TASK ITEM:
Each entry must appear in the answer exactly as given.

Dataset entries
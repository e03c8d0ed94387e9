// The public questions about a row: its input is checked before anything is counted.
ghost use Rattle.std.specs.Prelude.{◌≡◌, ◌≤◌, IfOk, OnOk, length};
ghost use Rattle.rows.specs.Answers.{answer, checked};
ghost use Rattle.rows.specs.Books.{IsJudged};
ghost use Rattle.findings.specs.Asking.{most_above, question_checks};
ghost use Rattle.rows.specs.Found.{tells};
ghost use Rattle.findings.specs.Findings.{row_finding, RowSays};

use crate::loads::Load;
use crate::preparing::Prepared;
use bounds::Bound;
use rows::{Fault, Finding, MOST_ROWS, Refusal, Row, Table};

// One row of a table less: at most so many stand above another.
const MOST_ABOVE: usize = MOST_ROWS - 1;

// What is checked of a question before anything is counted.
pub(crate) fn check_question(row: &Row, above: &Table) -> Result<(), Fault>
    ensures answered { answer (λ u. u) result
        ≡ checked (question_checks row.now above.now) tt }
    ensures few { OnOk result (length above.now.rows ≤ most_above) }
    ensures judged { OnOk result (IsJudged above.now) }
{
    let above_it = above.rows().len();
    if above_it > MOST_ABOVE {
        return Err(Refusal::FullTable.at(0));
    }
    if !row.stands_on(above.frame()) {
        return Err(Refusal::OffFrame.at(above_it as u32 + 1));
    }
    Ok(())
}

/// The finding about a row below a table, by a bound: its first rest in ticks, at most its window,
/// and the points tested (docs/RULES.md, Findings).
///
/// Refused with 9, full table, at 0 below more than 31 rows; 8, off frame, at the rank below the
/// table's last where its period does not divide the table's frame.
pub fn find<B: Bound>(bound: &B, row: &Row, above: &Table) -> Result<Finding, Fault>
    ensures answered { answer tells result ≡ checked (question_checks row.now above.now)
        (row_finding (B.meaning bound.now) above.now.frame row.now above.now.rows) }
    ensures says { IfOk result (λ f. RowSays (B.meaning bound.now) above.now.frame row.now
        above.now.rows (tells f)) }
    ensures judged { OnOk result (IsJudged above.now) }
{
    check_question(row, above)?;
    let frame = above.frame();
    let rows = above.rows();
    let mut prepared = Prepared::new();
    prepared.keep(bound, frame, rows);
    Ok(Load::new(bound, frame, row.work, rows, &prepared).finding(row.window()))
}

COMPLETED TASK:
repository e03c8d0ed94387e9
// The public questions about a row: its input is checked before anything is counted.
ghost use Rattle.std.specs.Prelude.{◌≡◌, ◌≤◌, IfOk, OnOk, length};
ghost use Rattle.rows.specs.Answers.{answer, checked};
ghost use Rattle.rows.specs.Books.{IsJudged};
ghost use Rattle.findings.specs.Asking.{most_above, question_checks};
ghost use Rattle.rows.specs.Found.{tells};
ghost use Rattle.findings.specs.Findings.{row_finding, RowSays};

use crate::loads::Load;
use crate::preparing::Prepared;
use bounds::Bound;
use rows::{Fault, Finding, MOST_ROWS, Refusal, Row, Table};

// One row of a table less: at most so many stand above another.
const MOST_ABOVE: usize = MOST_ROWS - 1;

// What is checked of a question before anything is counted.
pub(crate) fn check_question(row: &Row, above: &Table) -> Result<(), Fault>
    ensures answered { answer (λ u. u) result
        ≡ checked (question_checks row.now above.now) tt }
    ensures few { OnOk result (length above.now.rows ≤ most_above) }
    ensures judged { OnOk result (IsJudged above.now) }
{
    let above_it = above.rows().len();
    if above_it > MOST_ABOVE {
        return Err(Refusal::FullTable.at(0));
    }
    if !row.stands_on(above.frame()) {
        return Err(Refusal::OffFrame.at(above_it as u32 + 1));
    }
    Ok(())
}

/// The finding about a row below a table, by a bound: its first rest in ticks, at most its window,
/// and the points tested (docs/RULES.md, Findings).
///
/// Refused with 9, full table, at 0 below more than 31 rows; 8, off frame, at the rank below the
/// table's last where its period does not divide the table's frame.
pub fn find<B: Bound>(bound: &B, row: &Row, above: &Table) -> Result<Finding, Fault>
    ensures answered { answer tells result ≡ checked (question_checks row.now above.now)
        (row_finding (B.meaning bound.now) above.now.frame row.now above.now.rows) }
    ensures says { IfOk result (λ f. RowSays (B.meaning bound.now) above.now.frame row.now
        above.now.rows (tells f)) }
    ensures judged { OnOk result (IsJudged above.now) }
{
    check_question(row, above)?;
    let frame = above.frame();
    let rows = above.rows();
    let mut prepared = Prepared::new();
    prepared.keep(bound, frame, rows);
    Ok(Load::new(bound, frame, row.work, rows, &prepared).finding(row.window()))
}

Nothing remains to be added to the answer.